// Lines.
ghost use Rattle.std.specs.Prelude.{◌≡◌, ◌<◌, ◌≤◌, ◌∷◌, [], length, IfNone, IfSome};
ghost use Rattle.std.specs.List.{position_or_len};
ghost use Rattle.std.specs.Str.Lines.{lines, strip_carriage_return};
ghost use Rattle.text_lines.specs.Places as places;
ghost use Rattle.text_lines.specs.internal.Lines.{is_line_feed};

use p4x_fault::{Fault, Place, Rule};

/// How many octets of the text stand before its first line feed.
fn line_size(text: &[u8]) -> usize
    ensures is { result ≡ position_or_len is_line_feed text.now }
    ensures within { result ≤ length text.now }
{
    text.iter().take_while(|octet| **octet != b'\n').count()
}

/// A line without the carriage return in front of the line feed that ends it.
fn without_return(line: &[u8]) -> &[u8]
    ensures { result.now ≡ strip_carriage_return line.now }
{
    match line {
        [front @ .., b'\r'] => front,
        _ => line,
    }
}

/// The first line of a text, and the text behind it; None where the text is empty, so has no line.
///
/// A line feed ends a line, and a carriage return in front of it is dropped. The end of the text ends its
/// last line, to which a carriage return there belongs. No memory is taken, and the time is linear in the
/// length of the line.
pub fn next_line(text: &[u8]) -> Option<(&[u8], &[u8])>
    ensures next { IfSome result (λ parts. lines text.now ≡ parts.0.now ∷ lines parts.1.now) }
    ensures shorter { IfSome result (λ parts. length parts.1.now < length text.now) }
    ensures none { IfNone result (lines text.now ≡ []) }
{
    if text.is_empty() {
        return None;
    }
    let (line, rest) = text.split_at(line_size(text));
    if rest.is_empty() {
        return Some((line, rest));
    }
    Some((without_return(line), rest.split_at(1).1))
}

/// The fault of a line, by its number from 1, that breaks a rule: its place is the line's column 1.
pub fn at_line(rule: Rule, line: u64) -> Fault
    ensures { result ≡ places.at_line rule line }
{
    let place = Some(Place { line, column: 1 });
    Fault { rule, place }
}
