// Numbers.
ghost use Rattle.std.specs.Prelude.{◌≡◌, ◌≤◌, ℕ, IfSome};
ghost use Rattle.std.specs.List.{list_all};
ghost use Rattle.text_lines.specs.Numbers as numbers;
ghost use Rattle.text_lines.specs.internal.Numbers.{FitsIn128};

/// The base that a number is written in.
#[derive(Clone, Copy, PartialEq, Eq)]
pub enum Base {
    Binary,
    Decimal,
    Hexadecimal,
}

/// How many digits a base has.
pub fn radix(base: Base) -> u64
    ensures { result ≡ numbers.radix base }
{
    match base {
        Base::Binary => 2,
        Base::Decimal => 10,
        Base::Hexadecimal => 16,
    }
}

fn is_digit(base: Base, octet: u8) -> bool
    ensures { result ≡ numbers.is_digit base octet }
{
    match base {
        Base::Binary => matches!(octet, b'0'..=b'1'),
        Base::Decimal => matches!(octet, b'0'..=b'9'),
        Base::Hexadecimal => matches!(octet, b'0'..=b'9')
            || matches!(octet, b'A'..=b'F' | b'a'..=b'f'),
    }
}

/// What a digit stands for, in any base that has it.
pub fn digit_value(digit: u8) -> u8
    ensures { result ≡ numbers.digit_value digit }
{
    if digit >= b'a' {
        digit - b'a' + 10
    } else if digit >= b'A' {
        digit - b'A' + 10
    } else {
        digit.saturating_sub(b'0')
    }
}

fn only_digits(base: Base, word: &[u8]) -> bool
    ensures { result ≡ list_all (numbers.is_digit base) word.now }
{
    word.iter().all(|octet| is_digit(base, *octet))
}

/// Whether a word is digits of a base: one at least, and nothing else.
pub fn are_digits(base: Base, word: &[u8]) -> bool
    ensures { result ≡ numbers.are_digits base word.now }
{
    !word.is_empty() && only_digits(base, word)
}

/// The value of digits and one more behind them, or none over 128 bits.
fn with_digit(base: Base, value: Option<u128>, digit: u8) -> Option<u128>
    ensures { (number : ℕ) → FitsIn128 number value → FitsIn128 (numbers.with_digit base number digit) result }
{
    value?
        .checked_mul(u128::from(radix(base)))?
        .checked_add(u128::from(digit_value(digit)))
}

/// What digits stand for, the highest first, or none over 128 bits.
fn value_of(base: Base, digits: &[u8]) -> Option<u128>
    ensures { FitsIn128 (numbers.value_of base digits.now) result }
{
    let mut value = Some(0);
    for digit in digits {
        value = with_digit(base, value, *digit);
    }
    value
}

/// The number where it is at most `bound`.
fn at_most(bound: u128, value: Option<u128>) -> Option<u128>
    ensures is { (number : ℕ) → FitsIn128 number value → result ≡ numbers.up_to bound number }
    ensures within { IfSome result (λ number. number ≤ bound) }
{
    match value {
        Some(value) if value <= bound => Some(value),
        _ => None,
    }
}

/// The number that a word of digits is, where it is at most `bound`. Zeros may stand in front. It is None
/// where the word isn't digits of the base, and where the number is over the bound.
///
/// No memory is taken, and the time is linear in the length of the word.
pub fn number_up_to(base: Base, word: &[u8], bound: u128) -> Option<u128>
    ensures is { result ≡ numbers.number_up_to base bound word.now }
    ensures within { IfSome result (λ number. number ≤ bound) }
{
    if !are_digits(base, word) {
        return None;
    }
    at_most(bound, value_of(base, word))
}

/// The decimal number that a word is, where it is at most `bound`, as of [`number_up_to`].
pub fn decimal_up_to(word: &[u8], bound: u128) -> Option<u128>
    ensures is { result ≡ numbers.decimal_up_to bound word.now }
    ensures within { IfSome result (λ number. number ≤ bound) }
{
    number_up_to(Base::Decimal, word, bound)
}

→ DIRECTIONS FOR THIS TASK: Each line shown above needs to be transcribed exactly.

→ OUTPUT FOR THIS EXERCISE:
// Lines.
ghost use Rattle.std.specs.Prelude.{◌≡◌, ◌<◌, ◌≤◌, ◌∷◌, [], length, IfNone, IfSome};
ghost use Rattle.std.specs.List.{position_or_len};
ghost use Rattle.std.specs.Str.Lines.{lines, strip_carriage_return};
ghost use Rattle.text_lines.specs.Places as places;
ghost use Rattle.text_lines.specs.internal.Lines.{is_line_feed};

use p4x_fault::{Fault, Place, Rule};

/// How many octets of the text stand before its first line feed.
fn line_size(text: &[u8]) -> usize
    ensures is { result ≡ position_or_len is_line_feed text.now }
    ensures within { result ≤ length text.now }
{
    text.iter().take_while(|octet| **octet != b'\n').count()
}

/// A line without the carriage return in front of the line feed that ends it.
fn without_return(line: &[u8]) -> &[u8]
    ensures { result.now ≡ strip_carriage_return line.now }
{
    match line {
        [front @ .., b'\r'] => front,
        _ => line,
    }
}

/// The first line of a text, and the text behind it; None where the text is empty, so has no line.
///
/// A line feed ends a line, and a carriage return in front of it is dropped. The end of the text ends its
/// last line, to which a carriage return there belongs. No memory is taken, and the time is linear in the
/// length of the line.
pub fn next_line(text: &[u8]) -> Option<(&[u8], &[u8])>
    ensures next { IfSome result (λ parts. lines text.now ≡ parts.0.now ∷ lines parts.1.now) }
    ensures shorter { IfSome result (λ parts. length parts.1.now < length text.now) }
    ensures none { IfNone result (lines text.now ≡ []) }
{
    if text.is_empty() {
        return None;
    }
    let (line, rest) = text.split_at(line_size(text));
    if rest.is_empty() {
        return Some((line, rest));
    }
    Some((without_return(line), rest.split_at(1).1))
}

/// The fault of a line, by its number from 1, that breaks a rule: its place is the line's column 1.
pub fn at_line(rule: Rule, line: u64) -> Fault
    ensures { result ≡ places.at_line rule line }
{
    let place = Some(Place { line, column: 1 });
    Fault { rule, place }
}
// Numbers.
ghost use Rattle.std.specs.Prelude.{◌≡◌, ◌≤◌, ℕ, IfSome};
ghost use Rattle.std.specs.List.{list_all};
ghost use Rattle.text_lines.specs.Numbers as numbers;
ghost use Rattle.text_lines.specs.internal.Numbers.{FitsIn128};

/// The base that a number is written in.
#[derive(Clone, Copy, PartialEq, Eq)]
pub enum Base {
    Binary,
    Decimal,
    Hexadecimal,
}

/// How many digits a base has.
pub fn radix(base: Base) -> u64
    ensures { result ≡ numbers.radix base }
{
    match base {
        Base::Binary => 2,
        Base::Decimal => 10,
        Base::Hexadecimal => 16,
    }
}

fn is_digit(base: Base, octet: u8) -> bool
    ensures { result ≡ numbers.is_digit base octet }
{
    match base {
        Base::Binary => matches!(octet, b'0'..=b'1'),
        Base::Decimal => matches!(octet, b'0'..=b'9'),
        Base::Hexadecimal => matches!(octet, b'0'..=b'9')
            || matches!(octet, b'A'..=b'F' | b'a'..=b'f'),
    }
}

/// What a digit stands for, in any base that has it.
pub fn digit_value(digit: u8) -> u8
    ensures { result ≡ numbers.digit_value digit }
{
    if digit >= b'a' {
        digit - b'a' + 10
    } else if digit >= b'A' {
        digit - b'A' + 10
    } else {
        digit.saturating_sub(b'0')
    }
}

fn only_digits(base: Base, word: &[u8]) -> bool
    ensures { result ≡ list_all (numbers.is_digit base) word.now }
{
    word.iter().all(|octet| is_digit(base, *octet))
}

/// Whether a word is digits of a base: one at least, and nothing else.
pub fn are_digits(base: Base, word: &[u8]) -> bool
    ensures { result ≡ numbers.are_digits base word.now }
{
    !word.is_empty() && only_digits(base, word)
}

/// The value of digits and one more behind them, or none over 128 bits.
fn with_digit(base: Base, value: Option<u128>, digit: u8) -> Option<u128>
    ensures { (number : ℕ) → FitsIn128 number value → FitsIn128 (numbers.with_digit base number digit) result }
{
    value?
        .checked_mul(u128::from(radix(base)))?
        .checked_add(u128::from(digit_value(digit)))
}

/// What digits stand for, the highest first, or none over 128 bits.
fn value_of(base: Base, digits: &[u8]) -> Option<u128>
    ensures { FitsIn128 (numbers.value_of base digits.now) result }
{
    let mut value = Some(0);
    for digit in digits {
        value = with_digit(base, value, *digit);
    }
    value
}

/// The number where it is at most `bound`.
fn at_most(bound: u128, value: Option<u128>) -> Option<u128>
    ensures is { (number : ℕ) → FitsIn128 number value → result ≡ numbers.up_to bound number }
    ensures within { IfSome result (λ number. number ≤ bound) }
{
    match value {
        Some(value) if value <= bound => Some(value),
        _ => None,
    }
}

/// The number that a word of digits is, where it is at most `bound`. Zeros may stand in front. It is None
/// where the word isn't digits of the base, and where the number is over the bound.
///
/// No memory is taken, and the time is linear in the length of the word.
pub fn number_up_to(base: Base, word: &[u8], bound: u128) -> Option<u128>
    ensures is { result ≡ numbers.number_up_to base bound word.now }
    ensures within { IfSome result (λ number. number ≤ bound) }
{
    if !are_digits(base, word) {
        return None;
    }
    at_most(bound, value_of(base, word))
}

/// The decimal number that a word is, where it is at most `bound`, as of [`number_up_to`].
pub fn decimal_up_to(word: &[u8], bound: u128) -> Option<u128>
    ensures is { result ≡ numbers.decimal_up_to bound word.now }
    ensures within { IfSome result (λ number. number ≤ bound) }
{
    number_up_to(Base::Decimal, word, bound)
}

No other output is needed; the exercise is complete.